§ **WHAT THE TASK REQUIRES**:
Which lines in the records below include the word "instruction"? Report each of them in full.

════════════════

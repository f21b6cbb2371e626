//! Guests beside bare machines: eight at a time end where eight bare machines do.

use crate::setting::Setting;
use crate::texts::{FOUR, LOOP, WIDE_HEAD, WIDE_HEAD_WITH_CAUSES};
use pg_tool::Status;
use std::alloc::{AllocError, Global};
use std::test::Fail;

/// Eight images, and how many of the first 20 steps of each are direct, all together.
type Batch = ([&'static str; 8], u64);

/// Images that trap, and that go to the edges of their windows.
const BATCHES: [Batch; 4] = [
    (
        [
            // Nothing: no pattern, and then no window.
            "",
            // A loop; a supervisor call that comes back; one in user mode.
            LOOP,
            "1: 00020010 03000000\n",
            "1: 01020010 03000000\n",
            // A register past the grant, and the trap out of it; one within, where nothing is to be executed.
            "1: 00020010 040000ff 01140505\n",
            "1: 00000705\n7: 01000000\n",
            // A register at the grant's end: there is no window. One cell before it: a window of one cell, which P has left.
            "2: 04001005\n",
            "2: 04000f05\n",
        ],
        38,
    ),
    (
        [
            "1: 00010f05\n",
            // A window of one cell, which P has not left.
            "1: 00000f05\n15: 01000000\n",
            // Loads: the last usable address, the first past the bound, the first past the size.
            "2: 04000408\n7: 01000707\n11: 00000005\n",
            "2: 04000408\n7: 01000708\n11: 00000005\n",
            "2: 04000a14\n13: 01000505\n",
            "2: 04000a14\n13: 01000506\n",
            // Stores: the first two of these.
            "2: 04000408\n7: 01070707\n11: 00000005\n",
            "2: 04000408\n7: 01080707\n11: 00000005\n",
        ],
        21,
    ),
    (
        [
            // And the others.
            "2: 04000a14\n13: 01050505\n15: 00000005\n",
            "2: 04000a14\n13: 01060505\n15: 00000005\n",
            // A privileged instruction in user mode, a jump out of the window, a window of one cell.
            "1: 01020010 04000408\n",
            "1: 00030010 020000ff 01040506\n",
            "1: 00000201\n2: 01000000\n",
            // Stores into the cells of traps, and a trap after them.
            "1: 00020010 01000305 03000000 00000000 00000011\n",
            "1: 00020010 01010305 03000000 00000000 00000011\n",
            // A fetch at the end of the window that the grant cuts off, in user mode.
            "1: 01060a14\n",
        ],
        40,
    ),
    (
        [
            // A trap within what a trap began, each time to where cell 1 was set just before.
            "1: 00030010 03000000 01010109 03000000 0101010a 02000002\n9: 00020000 fffe0000\n",
            // A jump back out of cell 0, where it was stored.
            "2: 01000505 02000000\n5: 01000001\n",
            // A window that the grant cuts off, a jump past it, and the way back.
            "1: 00030010 04000aff 02000002\n13: 02000007\n",
            // The mode in cell 1 is turned before each call.
            "1: 00020010 0101010a 03000000\n10: ff000000\n",
            // Cell 1 is stored through a window that begins there.
            "2: 0400010f\n4: 01000405 00020010\n",
            // A register far past the grant, and an empty window.
            "1: 00020010 0400ffff\n",
            "1: 00020010 04000400\n",
            // A privileged instruction in user mode, in a window that the grant cuts off.
            "1: 01000a14\n10: 01030404 04000010\n14: 00000001\n",
        ],
        69,
    ),
];

/// Steps for each of eight guests and their slice, how many steps all do, and how many slices these are: before each the guest
/// is changed.
type Plan = (&'static str, &'static str, u64, u64);

const PLANS: [Plan; 10] = [
    ("0", "1", 0, 0),
    ("1", "1", 8, 8),
    ("2", "1", 16, 16),
    ("3", "3", 24, 8),
    ("4", "3", 32, 16),
    ("7", "3", 56, 24),
    ("20", "1", 160, 160),
    ("20", "3", 160, 56),
    ("1001", "1000", 8008, 16),
    ("1001", "1000000", 8008, 8),
];

/// The files of a batch: the description, and each image by the number of its guest.
fn setting(alloc: Global, desc: &str, images: &[&str; 8]) -> Result<Setting, AllocError> {
    let files = [
        ("d", desc),
        ("0", images[0]),
        ("1", images[1]),
        ("2", images[2]),
        ("3", images[3]),
        ("4", images[4]),
        ("5", images[5]),
        ("6", images[6]),
        ("7", images[7]),
    ];
    Setting::new(alloc, &files, &[], &[])
}

/// What is told of eight guests that end where bare machines of 16 cells do, which are switched on with the same images.
fn told_alone(alloc: Global, at: &mut Setting, steps: &str) -> Result<String, AllocError> {
    let mut told = String::new(alloc);
    for k in 0..8 {
        let line = format!(in alloc; "bare d {k} --grant 16 --steps {steps}")?;
        at.run(&line, &[])?;
        let one = format!(in alloc; "guest {k}\n{}", at.text())?;
        told.push_str(&one)?;
    }
    Ok(told)
}

/// Whether the loads of a run are one for each change of guest, and one for each step that is not direct.
fn are_counted(at: &Setting, turns: u64, changes: u64) -> bool {
    at.steps() == turns && at.loads().wrapping_add(at.direct()) == turns.wrapping_add(changes)
}

/// The guests of a setting end where bare machines do, by this plan. How many of their steps are direct.
fn agrees(alloc: Global, at: &mut Setting, plan: &Plan) -> Result<u64, Fail> {
    let (steps, slice, turns, changes) = *plan;
    let told = told_alone(alloc, at, steps)?;
    let line = format!(in alloc;
        "run d c 0 1 2 3 4 5 6 7 --grant 16 --steps {steps} --slice {slice}"
    )?;
    at.run(&line, &[])?;
    let direct = at.direct();
    let text = format!(in alloc; "{told}steps {turns} direct {direct}\n")?;
    if at.is(Status::Done, &text) && are_counted(at, turns, changes) {
        return Ok(direct);
    }
    Err(Fail::new(format_args!("{line}: {}", at.text())))
}

/// The guests of a batch end so by all plans.
fn batch_agrees(alloc: Global, desc: &str, batch: &Batch) -> Result<(), Fail> {
    let mut at = setting(alloc, desc, &batch.0)?;
    at.run("check d --cert c", &[])?;
    for plan in &PLANS {
        let direct = agrees(alloc, &mut at, plan)?;
        if plan.0 == "20" && direct != batch.1 {
            return Err(Fail::new(format_args!("{direct} of 20 steps are direct")));
        }
    }
    Ok(())
}

/// Guests end where bare machines do, and store the causes that those do where the head says so.
#[test]
fn guests_end_where_bare_machines_do(rt: HostRuntime) -> Result<(), Fail> {
    for head in [WIDE_HEAD, WIDE_HEAD_WITH_CAUSES] {
        let desc = format!(in rt.alloc(); "{head}{FOUR}")?;
        for batch in &BATCHES {
            batch_agrees(rt.alloc(), &desc, batch)?;
        }
    }
    Ok(())
}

════════════════

§ **RESULT OF THE EXERCISE**:
            // A privileged instruction in user mode, a jump out of the window, a window of one cell.
            // A privileged instruction in user mode, in a window that the grant cuts off.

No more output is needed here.